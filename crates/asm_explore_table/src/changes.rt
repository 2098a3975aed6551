//! Which locations change from one row to the next.
ghost use Rattle.std.specs.Prelude.{◌≡◌, ◌<◌, ◌≤◌, ◌||◌, ℕ, false, not, length, slice_index_or};
ghost use Rattle.asm_state.specs.Operation.{is_same};
ghost use Rattle.asm_state.specs.Signature.{Shape, location_at, state_of};
ghost use Rattle.asm_state.specs.code.Contents.{IsStateOf};

use crate::cells::is_same_value;
use asm_state::state::State;

/// Notes each location whose value differs in two states.
pub(crate) fn note_changes(changed: &mut [bool], before: &State, after: &State)
    requires before { length changed.old ≤ length before.now }
    requires after { length changed.old ≤ length after.now }
    ensures whole { length changed.new ≡ length changed.old }
    ensures changed { (shape : Shape) → IsStateOf shape before.now → IsStateOf shape after.now → (n : ℕ) → n < length changed.old →
        slice_index_or changed.new n false
        ≡ (slice_index_or changed.old n false || not (is_same (state_of shape before.now (location_at shape n)) (state_of shape after.now (location_at shape n)))) }
{
    for n in 0..changed.len() {
        let is_same = is_same_value(before.content(n), after.content(n));
        changed[n] |= !is_same;
    }
}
——
- [What you will do]: Write out every line from the records above, word for word.

- [Your solution]:
filename crates/asm_explore_table/src/changes.rt
repository 2098a3975aed6551
//! Which locations change from one row to the next.
ghost use Rattle.std.specs.Prelude.{◌≡◌, ◌<◌, ◌≤◌, ◌||◌, ℕ, false, not, length, slice_index_or};
ghost use Rattle.asm_state.specs.Operation.{is_same};
ghost use Rattle.asm_state.specs.Signature.{Shape, location_at, state_of};
ghost use Rattle.asm_state.specs.code.Contents.{IsStateOf};

use crate::cells::is_same_value;
use asm_state::state::State;

/// Notes each location whose value differs in two states.
pub(crate) fn note_changes(changed: &mut [bool], before: &State, after: &State)
    requires before { length changed.old ≤ length before.now }
    requires after { length changed.old ≤ length after.now }
    ensures whole { length changed.new ≡ length changed.old }
    ensures changed { (shape : Shape) → IsStateOf shape before.now → IsStateOf shape after.now → (n : ℕ) → n < length changed.old →
        slice_index_or changed.new n false
        ≡ (slice_index_or changed.old n false || not (is_same (state_of shape before.now (location_at shape n)) (state_of shape after.now (location_at shape n)))) }
{
    for n in 0..changed.len() {
        let is_same = is_same_value(before.content(n), after.content(n));
        changed[n] |= !is_same;
    }
}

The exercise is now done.